I remember reading once somewhere that:
All men are created equal, that they are endowed by their Creator with certain unalienable Rights, that among these are Life, Liberty and the pursuit of Happiness. — That to secure these rights, Governments are instituted among Men, deriving their just powers from the consent of the governed.
In other words, individuals have rights, and governments are instituted with powers to protect those rights, and are (or ought to be) restricted from abusing them.
With me so far? Individuals have rights; governments have powers.

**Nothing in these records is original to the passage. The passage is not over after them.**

//! The whole text.

ghost use Rattle.std.specs.Prelude.{◌≡◌, ◌++◌, false, List, Some, IfOk, OnOk};
ghost use Rattle.sync_topo.specs.declared.event.Event.{Event};
ghost use Rattle.event_sim.specs.Standing.{StandsFor};
ghost use Rattle.trace_report.specs.Report.{IsReportText, IsWholeReport, stopped_report, stopped_part, IsLastAnswer};

use crate::changes::put_changes;
use crate::inputs::put_inputs;
use crate::last_parts::put_last_parts;
use event_sim::{Reach, Sim, Watch};
use std::alloc::Global;
use sync_text::{NoMemory, Text};

/// The report of a run, as text: the line `changes` and a row for each change; then of the last
/// millisecond the line `inputs` and a row for each input of each element, the line `traces` and a
/// row for each element, the line `loops` and a row for each closed walk, and whether it is settled.
/// Or, where there were more changes than the plan may have, those up to the last millisecond T up to which
/// all fit, and the line `stopped,T`.
///
/// The simulator watches changes and isn't spent, and `reach` is what its last advance answered.
/// `NoMemory` comes only when out of memory. This project's own.
pub fn report(alloc: Global, sim: &Sim<'_>, reach: Reach) -> Result<Text, NoMemory>
    requires live { sim.now.spent ≡ false }
    requires watching { sim.now.watch ≡ Watch.Changes }
    requires reached { IsLastAnswer sim.now reach }
    ensures text { IfOk result (λ text. (events : List Event) → StandsFor sim.now events →
        IsReportText sim.now.net.plan events sim.now.reached reach text) }
{
    match reach {
        Reach::Until => whole_text(alloc, sim, sim.reached().unwrap_or(0)),
        Reach::Stopped(t) => stopped_text(alloc, sim, t),
    }
}

/// The report of a simulator that has reached its end.
fn whole_text(alloc: Global, sim: &Sim<'_>, until: u64) -> Result<Text, NoMemory>
    requires live { sim.now.spent ≡ false }
    requires going { sim.now.stopped ≡ false }
    requires watching { sim.now.watch ≡ Watch.Changes }
    requires reached { sim.now.reached ≡ Some until }
    ensures text { IfOk result (λ text. (events : List Event) → StandsFor sim.now events →
        IsWholeReport sim.now.net.plan events until text) }
{
    let mut text = Text::new(alloc);
    let _reached = sim.reached();
    put_changes(alloc, &mut text, sim.net().plan(), sim.changes())?;
    put_inputs(alloc, &mut text, sim.net(), until)?;
    put_last_parts(alloc, &mut text, sim.net())?;
    Ok(text)
}

/// The report of a simulator with too many changes.
fn stopped_text(alloc: Global, sim: &Sim<'_>, t: u64) -> Result<Text, NoMemory>
    requires live { sim.now.spent ≡ false }
    requires watching { sim.now.watch ≡ Watch.Changes }
    requires reached { sim.now.reached ≡ Some t }
    ensures text { IfOk result (λ text. (events : List Event) → StandsFor sim.now events →
        text ≡ stopped_report sim.now.net.plan events t) }
{
    let mut text = Text::new(alloc);
    put_changes(alloc, &mut text, sim.net().plan(), sim.changes())?;
    put_stopped(&mut text, t)?;
    Ok(text)
}

/// Puts that the changes were too many.
fn put_stopped(text: &mut Text, t: u64) -> Result<(), NoMemory>
    ensures put { OnOk result (text.new ≡ text.old ++ stopped_part t) }
{
    text.put(b"stopped,")?;
    text.put_number(t)?;
    text.put(b"\n")
}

As Green goes on to point out, the ongoing tension between the state and Federal governments was instituted to protect individual liberty not to give some amorphous entity called a “state” rights over it’s citizens. In fact, the Constitution specifically provides the Federal Government with the power to step in when the states step over the line:
One of the tensions that exists between Washington and the states is that Washington has the duty — the power — to “guarantee to every State in this Union a Republican Form of Government.” And when a particular state government discriminates against 20, 30, 40% of its citizens, then it’s no stretch to argue that that state no longer enjoys a republican form of government. At least not how republicanism is properly understood in this country.
More importantly, we fought a war that pretty much resolved the issue of state’s rights, and afterwords passed an amendment that significantly altered the relationship between the states and the federal government. Whatever the “rights” of the states may have been before the ratification of the 14th Amendment, they were significantly cut back by it’s adoption. So it is pointless to talk about the 10th Amendment in a vacuum as if the 14th Amendment doesn’t exist.
Green closes out with the most important point:
States don’t have rights. Individuals do. It’s time we went about the business of restoring those rights, without alienating a huge constituency which suffered too long without them.
In the end, the states rights appeal on the same-sex marriage issue is a rear-guard action by opponents of the idea who realize that they are losing the battle. By hitching their wagon to the “states rights” mantra, it seems to me, they hope to turn their anti-gay bigotry into an appeal to democracy despite the fact that, in the end, individual liberty is not defined by majority rule. Politically, this is a way to step away from the same-sex marriage debate without looking like they’re in full retreat. In reality, though, the direction of society is clear.